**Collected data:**

Start of Block

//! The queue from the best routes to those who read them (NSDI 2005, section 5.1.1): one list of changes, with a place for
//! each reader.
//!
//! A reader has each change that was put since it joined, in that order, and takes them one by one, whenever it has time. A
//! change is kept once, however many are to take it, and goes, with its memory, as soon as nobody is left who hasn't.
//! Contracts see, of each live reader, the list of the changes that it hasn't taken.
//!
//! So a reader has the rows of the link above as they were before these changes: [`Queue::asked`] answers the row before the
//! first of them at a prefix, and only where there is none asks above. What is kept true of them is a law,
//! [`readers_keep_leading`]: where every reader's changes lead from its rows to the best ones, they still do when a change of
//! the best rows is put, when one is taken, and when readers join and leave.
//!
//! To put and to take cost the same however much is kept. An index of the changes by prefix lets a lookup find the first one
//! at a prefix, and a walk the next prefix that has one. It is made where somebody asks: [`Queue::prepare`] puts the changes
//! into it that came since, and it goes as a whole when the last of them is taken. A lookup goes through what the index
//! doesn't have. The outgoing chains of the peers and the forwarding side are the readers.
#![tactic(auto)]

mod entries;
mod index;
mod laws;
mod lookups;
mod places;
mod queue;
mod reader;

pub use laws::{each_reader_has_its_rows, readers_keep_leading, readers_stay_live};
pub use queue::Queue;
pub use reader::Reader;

End of Block
Start of Block

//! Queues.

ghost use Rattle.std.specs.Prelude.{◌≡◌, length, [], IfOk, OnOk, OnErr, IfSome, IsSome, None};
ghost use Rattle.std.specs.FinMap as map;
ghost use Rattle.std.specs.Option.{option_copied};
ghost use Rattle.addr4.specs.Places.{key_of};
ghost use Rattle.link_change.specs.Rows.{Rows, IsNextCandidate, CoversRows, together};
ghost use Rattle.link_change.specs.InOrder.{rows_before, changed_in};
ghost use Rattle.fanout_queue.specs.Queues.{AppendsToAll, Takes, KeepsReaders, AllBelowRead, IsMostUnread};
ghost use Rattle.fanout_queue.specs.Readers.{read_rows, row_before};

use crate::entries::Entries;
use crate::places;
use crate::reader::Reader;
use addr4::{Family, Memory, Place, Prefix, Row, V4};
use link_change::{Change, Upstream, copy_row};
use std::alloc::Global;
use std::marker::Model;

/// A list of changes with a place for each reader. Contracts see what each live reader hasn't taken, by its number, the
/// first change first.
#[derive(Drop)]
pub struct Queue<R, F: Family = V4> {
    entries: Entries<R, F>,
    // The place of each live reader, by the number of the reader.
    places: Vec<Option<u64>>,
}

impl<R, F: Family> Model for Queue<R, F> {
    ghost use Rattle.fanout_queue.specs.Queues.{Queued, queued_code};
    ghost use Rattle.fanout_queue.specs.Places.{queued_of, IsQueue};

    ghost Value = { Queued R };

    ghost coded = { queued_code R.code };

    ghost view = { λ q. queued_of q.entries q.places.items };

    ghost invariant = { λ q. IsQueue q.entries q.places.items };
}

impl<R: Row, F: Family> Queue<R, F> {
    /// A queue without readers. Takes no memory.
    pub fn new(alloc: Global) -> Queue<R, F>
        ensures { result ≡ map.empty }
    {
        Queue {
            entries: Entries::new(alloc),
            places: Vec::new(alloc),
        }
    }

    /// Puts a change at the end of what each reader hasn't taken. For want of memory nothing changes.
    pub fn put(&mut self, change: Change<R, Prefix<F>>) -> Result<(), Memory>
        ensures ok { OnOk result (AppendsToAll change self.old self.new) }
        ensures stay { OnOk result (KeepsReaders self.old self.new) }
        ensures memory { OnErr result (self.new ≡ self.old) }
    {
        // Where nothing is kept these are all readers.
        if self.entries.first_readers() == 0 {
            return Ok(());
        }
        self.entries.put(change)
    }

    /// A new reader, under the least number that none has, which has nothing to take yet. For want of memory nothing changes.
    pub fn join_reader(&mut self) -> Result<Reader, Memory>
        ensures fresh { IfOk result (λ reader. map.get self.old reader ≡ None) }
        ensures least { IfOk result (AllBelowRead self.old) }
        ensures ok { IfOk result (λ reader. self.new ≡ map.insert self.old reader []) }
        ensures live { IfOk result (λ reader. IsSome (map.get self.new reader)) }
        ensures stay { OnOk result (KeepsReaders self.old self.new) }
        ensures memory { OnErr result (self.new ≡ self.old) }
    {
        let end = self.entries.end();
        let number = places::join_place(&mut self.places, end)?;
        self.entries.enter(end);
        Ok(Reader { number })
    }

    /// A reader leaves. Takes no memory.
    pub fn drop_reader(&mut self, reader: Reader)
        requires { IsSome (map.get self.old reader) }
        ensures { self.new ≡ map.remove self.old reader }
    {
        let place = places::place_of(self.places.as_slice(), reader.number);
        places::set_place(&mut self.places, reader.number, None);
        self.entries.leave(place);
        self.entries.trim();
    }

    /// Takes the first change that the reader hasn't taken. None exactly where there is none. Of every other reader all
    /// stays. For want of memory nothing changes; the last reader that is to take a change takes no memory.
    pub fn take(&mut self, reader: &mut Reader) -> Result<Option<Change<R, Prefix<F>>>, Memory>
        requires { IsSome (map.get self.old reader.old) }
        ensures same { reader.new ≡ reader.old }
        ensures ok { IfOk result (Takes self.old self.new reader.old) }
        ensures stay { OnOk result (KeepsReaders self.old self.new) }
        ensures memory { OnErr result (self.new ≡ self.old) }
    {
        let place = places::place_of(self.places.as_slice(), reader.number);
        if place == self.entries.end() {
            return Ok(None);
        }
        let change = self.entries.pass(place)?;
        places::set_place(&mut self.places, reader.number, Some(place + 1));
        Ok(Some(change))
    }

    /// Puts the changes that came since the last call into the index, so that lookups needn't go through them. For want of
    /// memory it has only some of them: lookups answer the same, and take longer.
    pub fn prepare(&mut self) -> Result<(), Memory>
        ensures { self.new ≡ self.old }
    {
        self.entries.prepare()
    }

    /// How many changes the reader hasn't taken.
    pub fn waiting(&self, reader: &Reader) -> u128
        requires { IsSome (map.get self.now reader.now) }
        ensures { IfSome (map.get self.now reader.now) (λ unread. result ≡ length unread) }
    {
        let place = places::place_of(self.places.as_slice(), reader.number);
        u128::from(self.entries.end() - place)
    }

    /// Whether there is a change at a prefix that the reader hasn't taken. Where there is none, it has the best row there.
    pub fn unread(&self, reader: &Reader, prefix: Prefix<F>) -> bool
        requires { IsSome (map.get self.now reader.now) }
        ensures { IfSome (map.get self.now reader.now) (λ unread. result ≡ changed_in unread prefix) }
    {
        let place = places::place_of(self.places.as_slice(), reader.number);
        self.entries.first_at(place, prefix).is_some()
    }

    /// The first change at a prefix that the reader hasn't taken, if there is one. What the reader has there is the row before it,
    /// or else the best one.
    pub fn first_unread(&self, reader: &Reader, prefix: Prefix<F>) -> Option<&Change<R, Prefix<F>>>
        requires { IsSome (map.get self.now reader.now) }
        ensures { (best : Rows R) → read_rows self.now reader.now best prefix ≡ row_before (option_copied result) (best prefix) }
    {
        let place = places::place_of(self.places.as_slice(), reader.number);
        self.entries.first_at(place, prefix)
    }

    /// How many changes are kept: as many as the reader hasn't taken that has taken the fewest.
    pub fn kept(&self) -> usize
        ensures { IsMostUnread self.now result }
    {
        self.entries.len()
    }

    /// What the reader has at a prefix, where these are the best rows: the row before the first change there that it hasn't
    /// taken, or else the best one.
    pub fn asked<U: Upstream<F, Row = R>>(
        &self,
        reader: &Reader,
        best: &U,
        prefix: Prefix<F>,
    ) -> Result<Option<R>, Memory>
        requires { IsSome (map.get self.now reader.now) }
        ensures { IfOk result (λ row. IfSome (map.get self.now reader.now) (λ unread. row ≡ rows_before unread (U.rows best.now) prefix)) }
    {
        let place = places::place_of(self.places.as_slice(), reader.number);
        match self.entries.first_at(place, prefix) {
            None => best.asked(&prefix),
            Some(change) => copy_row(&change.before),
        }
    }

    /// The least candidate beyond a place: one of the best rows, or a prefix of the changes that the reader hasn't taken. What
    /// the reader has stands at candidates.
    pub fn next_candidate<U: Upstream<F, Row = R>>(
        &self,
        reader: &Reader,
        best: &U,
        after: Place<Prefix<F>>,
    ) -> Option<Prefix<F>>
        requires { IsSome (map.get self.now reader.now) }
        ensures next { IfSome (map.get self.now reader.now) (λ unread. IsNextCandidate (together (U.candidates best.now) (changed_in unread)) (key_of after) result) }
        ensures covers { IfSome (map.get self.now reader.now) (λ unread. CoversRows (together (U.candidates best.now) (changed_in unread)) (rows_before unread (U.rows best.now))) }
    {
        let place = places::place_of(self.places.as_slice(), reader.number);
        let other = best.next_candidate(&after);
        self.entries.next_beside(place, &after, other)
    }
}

End of Block
Start of Block

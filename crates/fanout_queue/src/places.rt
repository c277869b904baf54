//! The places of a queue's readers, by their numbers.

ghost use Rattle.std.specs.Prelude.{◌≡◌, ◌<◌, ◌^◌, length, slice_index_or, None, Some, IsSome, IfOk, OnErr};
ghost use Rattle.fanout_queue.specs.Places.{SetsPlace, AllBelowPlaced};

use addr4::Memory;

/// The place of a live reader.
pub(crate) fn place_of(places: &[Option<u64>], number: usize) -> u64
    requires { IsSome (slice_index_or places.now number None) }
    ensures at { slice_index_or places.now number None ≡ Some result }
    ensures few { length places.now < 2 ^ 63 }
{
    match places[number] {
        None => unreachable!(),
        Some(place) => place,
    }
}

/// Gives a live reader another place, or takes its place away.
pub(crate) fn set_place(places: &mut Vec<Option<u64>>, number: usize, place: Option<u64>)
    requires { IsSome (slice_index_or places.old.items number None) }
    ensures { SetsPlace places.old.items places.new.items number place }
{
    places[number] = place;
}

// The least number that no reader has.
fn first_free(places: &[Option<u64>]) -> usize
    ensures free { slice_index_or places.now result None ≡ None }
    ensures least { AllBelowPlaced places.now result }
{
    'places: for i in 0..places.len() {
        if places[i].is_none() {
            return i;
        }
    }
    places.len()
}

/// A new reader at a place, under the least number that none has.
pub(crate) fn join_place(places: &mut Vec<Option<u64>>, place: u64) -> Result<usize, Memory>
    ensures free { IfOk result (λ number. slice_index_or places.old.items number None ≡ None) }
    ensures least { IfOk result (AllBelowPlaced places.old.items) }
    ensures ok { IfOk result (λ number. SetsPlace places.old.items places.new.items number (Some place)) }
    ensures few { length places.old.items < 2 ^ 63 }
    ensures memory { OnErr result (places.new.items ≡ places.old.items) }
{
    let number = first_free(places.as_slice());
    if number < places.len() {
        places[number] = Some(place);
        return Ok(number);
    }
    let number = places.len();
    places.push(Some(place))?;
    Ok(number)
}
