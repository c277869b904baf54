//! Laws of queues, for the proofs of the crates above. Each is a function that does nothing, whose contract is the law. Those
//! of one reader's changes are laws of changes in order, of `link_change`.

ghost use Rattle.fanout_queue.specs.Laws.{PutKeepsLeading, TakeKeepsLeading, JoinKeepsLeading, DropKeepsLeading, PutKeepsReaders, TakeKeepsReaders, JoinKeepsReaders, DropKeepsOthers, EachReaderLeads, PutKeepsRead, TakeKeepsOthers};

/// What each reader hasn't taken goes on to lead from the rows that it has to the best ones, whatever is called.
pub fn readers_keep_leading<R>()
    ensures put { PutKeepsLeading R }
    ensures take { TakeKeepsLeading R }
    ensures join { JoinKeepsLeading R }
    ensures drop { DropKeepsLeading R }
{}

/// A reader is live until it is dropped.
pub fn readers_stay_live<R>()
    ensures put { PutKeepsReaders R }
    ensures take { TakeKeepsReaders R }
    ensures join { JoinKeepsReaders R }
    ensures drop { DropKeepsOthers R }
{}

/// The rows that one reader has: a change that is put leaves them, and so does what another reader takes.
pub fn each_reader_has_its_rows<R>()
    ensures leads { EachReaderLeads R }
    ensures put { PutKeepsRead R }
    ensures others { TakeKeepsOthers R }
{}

End of Block

**Description of the task:** Copy range, inclusive: the line holding "pub fn readers_stay_live<R>()" to the line holding "pub fn each_reader_has_its_rows<R>()". Reproduce exactly those lines of the records above and no others.

**Exercise answer:**
pub fn readers_stay_live<R>()
    ensures put { PutKeepsReaders R }
    ensures take { TakeKeepsReaders R }
    ensures join { JoinKeepsReaders R }
    ensures drop { DropKeepsOthers R }
{}

/// The rows that one reader has: a change that is put leaves them, and so does what another reader takes.
pub fn each_reader_has_its_rows<R>()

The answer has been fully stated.